Task item:
Reproduce the entries that follow verbatim, down to the final line.

Listed records:
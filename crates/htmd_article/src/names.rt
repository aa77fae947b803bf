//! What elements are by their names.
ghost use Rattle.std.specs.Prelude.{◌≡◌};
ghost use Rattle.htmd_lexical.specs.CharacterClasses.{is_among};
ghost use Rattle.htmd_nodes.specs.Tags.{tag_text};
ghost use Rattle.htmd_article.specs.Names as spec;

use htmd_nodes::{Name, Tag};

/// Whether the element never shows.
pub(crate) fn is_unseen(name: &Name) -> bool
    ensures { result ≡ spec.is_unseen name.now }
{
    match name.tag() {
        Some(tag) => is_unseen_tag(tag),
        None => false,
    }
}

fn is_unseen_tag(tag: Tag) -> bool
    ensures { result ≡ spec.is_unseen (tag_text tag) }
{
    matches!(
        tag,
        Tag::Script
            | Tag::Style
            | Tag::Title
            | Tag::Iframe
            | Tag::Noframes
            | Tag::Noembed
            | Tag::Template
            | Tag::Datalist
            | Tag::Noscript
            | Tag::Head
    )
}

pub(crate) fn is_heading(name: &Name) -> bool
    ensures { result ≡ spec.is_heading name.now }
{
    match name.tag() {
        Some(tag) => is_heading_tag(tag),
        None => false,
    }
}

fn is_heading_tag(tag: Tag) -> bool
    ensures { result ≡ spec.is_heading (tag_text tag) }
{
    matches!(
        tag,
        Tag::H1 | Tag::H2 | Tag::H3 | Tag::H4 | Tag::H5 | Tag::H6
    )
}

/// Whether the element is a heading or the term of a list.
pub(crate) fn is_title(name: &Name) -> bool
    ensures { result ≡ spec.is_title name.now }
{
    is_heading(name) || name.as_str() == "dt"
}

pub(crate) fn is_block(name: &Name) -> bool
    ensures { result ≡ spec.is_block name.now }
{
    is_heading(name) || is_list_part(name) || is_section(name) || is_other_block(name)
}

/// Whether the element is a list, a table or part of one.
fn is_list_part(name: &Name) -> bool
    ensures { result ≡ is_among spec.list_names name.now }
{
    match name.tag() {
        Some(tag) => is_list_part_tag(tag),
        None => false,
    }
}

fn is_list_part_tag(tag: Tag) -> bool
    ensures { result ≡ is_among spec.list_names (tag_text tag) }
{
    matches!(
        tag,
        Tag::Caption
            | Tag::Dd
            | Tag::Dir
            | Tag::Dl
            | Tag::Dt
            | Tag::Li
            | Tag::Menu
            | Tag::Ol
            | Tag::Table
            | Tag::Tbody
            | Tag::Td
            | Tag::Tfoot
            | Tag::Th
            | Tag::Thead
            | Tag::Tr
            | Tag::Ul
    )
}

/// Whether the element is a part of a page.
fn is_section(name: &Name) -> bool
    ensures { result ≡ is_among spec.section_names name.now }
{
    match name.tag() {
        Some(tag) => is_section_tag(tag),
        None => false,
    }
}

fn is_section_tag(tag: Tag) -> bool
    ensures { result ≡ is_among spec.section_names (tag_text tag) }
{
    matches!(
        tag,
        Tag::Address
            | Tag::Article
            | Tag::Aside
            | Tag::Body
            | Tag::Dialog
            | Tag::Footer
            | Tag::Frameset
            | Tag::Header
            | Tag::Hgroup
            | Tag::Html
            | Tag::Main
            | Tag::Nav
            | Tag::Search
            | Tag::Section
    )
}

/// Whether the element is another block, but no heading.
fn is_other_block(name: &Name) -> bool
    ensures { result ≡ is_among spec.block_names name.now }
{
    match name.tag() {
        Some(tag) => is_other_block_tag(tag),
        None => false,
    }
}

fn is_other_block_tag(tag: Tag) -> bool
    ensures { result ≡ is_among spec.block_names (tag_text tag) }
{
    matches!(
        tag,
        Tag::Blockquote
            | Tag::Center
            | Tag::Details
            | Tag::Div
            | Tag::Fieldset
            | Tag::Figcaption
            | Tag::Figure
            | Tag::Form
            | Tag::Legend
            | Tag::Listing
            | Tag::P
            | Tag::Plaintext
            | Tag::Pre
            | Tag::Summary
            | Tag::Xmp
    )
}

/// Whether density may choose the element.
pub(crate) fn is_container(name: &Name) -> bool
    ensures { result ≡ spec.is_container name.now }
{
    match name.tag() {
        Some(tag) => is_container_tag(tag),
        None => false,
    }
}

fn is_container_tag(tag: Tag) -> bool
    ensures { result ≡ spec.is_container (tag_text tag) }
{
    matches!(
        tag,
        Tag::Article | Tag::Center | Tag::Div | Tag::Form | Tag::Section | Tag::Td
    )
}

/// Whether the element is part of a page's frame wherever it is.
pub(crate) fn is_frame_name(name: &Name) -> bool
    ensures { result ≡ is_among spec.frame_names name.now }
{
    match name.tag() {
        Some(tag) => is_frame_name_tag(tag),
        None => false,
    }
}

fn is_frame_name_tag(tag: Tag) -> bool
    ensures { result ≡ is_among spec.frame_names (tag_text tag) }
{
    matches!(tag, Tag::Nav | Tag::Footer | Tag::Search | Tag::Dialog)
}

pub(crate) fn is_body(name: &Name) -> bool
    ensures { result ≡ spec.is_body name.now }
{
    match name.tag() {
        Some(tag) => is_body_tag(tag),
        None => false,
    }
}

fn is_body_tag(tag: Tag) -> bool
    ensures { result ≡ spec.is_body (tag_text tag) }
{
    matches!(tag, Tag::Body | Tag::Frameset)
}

Task response:
filename crates/htmd_article/src/names.rt
repository aa77fae947b803bf
//! What elements are by their names.
ghost use Rattle.std.specs.Prelude.{◌≡◌};
ghost use Rattle.htmd_lexical.specs.CharacterClasses.{is_among};
ghost use Rattle.htmd_nodes.specs.Tags.{tag_text};
ghost use Rattle.htmd_article.specs.Names as spec;

use htmd_nodes::{Name, Tag};

/// Whether the element never shows.
pub(crate) fn is_unseen(name: &Name) -> bool
    ensures { result ≡ spec.is_unseen name.now }
{
    match name.tag() {
        Some(tag) => is_unseen_tag(tag),
        None => false,
    }
}

fn is_unseen_tag(tag: Tag) -> bool
    ensures { result ≡ spec.is_unseen (tag_text tag) }
{
    matches!(
        tag,
        Tag::Script
            | Tag::Style
            | Tag::Title
            | Tag::Iframe
            | Tag::Noframes
            | Tag::Noembed
            | Tag::Template
            | Tag::Datalist
            | Tag::Noscript
            | Tag::Head
    )
}

pub(crate) fn is_heading(name: &Name) -> bool
    ensures { result ≡ spec.is_heading name.now }
{
    match name.tag() {
        Some(tag) => is_heading_tag(tag),
        None => false,
    }
}

fn is_heading_tag(tag: Tag) -> bool
    ensures { result ≡ spec.is_heading (tag_text tag) }
{
    matches!(
        tag,
        Tag::H1 | Tag::H2 | Tag::H3 | Tag::H4 | Tag::H5 | Tag::H6
    )
}

/// Whether the element is a heading or the term of a list.
pub(crate) fn is_title(name: &Name) -> bool
    ensures { result ≡ spec.is_title name.now }
{
    is_heading(name) || name.as_str() == "dt"
}

pub(crate) fn is_block(name: &Name) -> bool
    ensures { result ≡ spec.is_block name.now }
{
    is_heading(name) || is_list_part(name) || is_section(name) || is_other_block(name)
}

/// Whether the element is a list, a table or part of one.
fn is_list_part(name: &Name) -> bool
    ensures { result ≡ is_among spec.list_names name.now }
{
    match name.tag() {
        Some(tag) => is_list_part_tag(tag),
        None => false,
    }
}

fn is_list_part_tag(tag: Tag) -> bool
    ensures { result ≡ is_among spec.list_names (tag_text tag) }
{
    matches!(
        tag,
        Tag::Caption
            | Tag::Dd
            | Tag::Dir
            | Tag::Dl
            | Tag::Dt
            | Tag::Li
            | Tag::Menu
            | Tag::Ol
            | Tag::Table
            | Tag::Tbody
            | Tag::Td
            | Tag::Tfoot
            | Tag::Th
            | Tag::Thead
            | Tag::Tr
            | Tag::Ul
    )
}

/// Whether the element is a part of a page.
fn is_section(name: &Name) -> bool
    ensures { result ≡ is_among spec.section_names name.now }
{
    match name.tag() {
        Some(tag) => is_section_tag(tag),
        None => false,
    }
}

fn is_section_tag(tag: Tag) -> bool
    ensures { result ≡ is_among spec.section_names (tag_text tag) }
{
    matches!(
        tag,
        Tag::Address
            | Tag::Article
            | Tag::Aside
            | Tag::Body
            | Tag::Dialog
            | Tag::Footer
            | Tag::Frameset
            | Tag::Header
            | Tag::Hgroup
            | Tag::Html
            | Tag::Main
            | Tag::Nav
            | Tag::Search
            | Tag::Section
    )
}

/// Whether the element is another block, but no heading.
fn is_other_block(name: &Name) -> bool
    ensures { result ≡ is_among spec.block_names name.now }
{
    match name.tag() {
        Some(tag) => is_other_block_tag(tag),
        None => false,
    }
}

fn is_other_block_tag(tag: Tag) -> bool
    ensures { result ≡ is_among spec.block_names (tag_text tag) }
{
    matches!(
        tag,
        Tag::Blockquote
            | Tag::Center
            | Tag::Details
            | Tag::Div
            | Tag::Fieldset
            | Tag::Figcaption
            | Tag::Figure
            | Tag::Form
            | Tag::Legend
            | Tag::Listing
            | Tag::P
            | Tag::Plaintext
            | Tag::Pre
            | Tag::Summary
            | Tag::Xmp
    )
}

/// Whether density may choose the element.
pub(crate) fn is_container(name: &Name) -> bool
    ensures { result ≡ spec.is_container name.now }
{
    match name.tag() {
        Some(tag) => is_container_tag(tag),
        None => false,
    }
}

fn is_container_tag(tag: Tag) -> bool
    ensures { result ≡ spec.is_container (tag_text tag) }
{
    matches!(
        tag,
        Tag::Article | Tag::Center | Tag::Div | Tag::Form | Tag::Section | Tag::Td
    )
}

/// Whether the element is part of a page's frame wherever it is.
pub(crate) fn is_frame_name(name: &Name) -> bool
    ensures { result ≡ is_among spec.frame_names name.now }
{
    match name.tag() {
        Some(tag) => is_frame_name_tag(tag),
        None => false,
    }
}

fn is_frame_name_tag(tag: Tag) -> bool
    ensures { result ≡ is_among spec.frame_names (tag_text tag) }
{
    matches!(tag, Tag::Nav | Tag::Footer | Tag::Search | Tag::Dialog)
}

pub(crate) fn is_body(name: &Name) -> bool
    ensures { result ≡ spec.is_body name.now }
{
    match name.tag() {
        Some(tag) => is_body_tag(tag),
        None => false,
    }
}

fn is_body_tag(tag: Tag) -> bool
    ensures { result ≡ spec.is_body (tag_text tag) }
{
    matches!(tag, Tag::Body | Tag::Frameset)
}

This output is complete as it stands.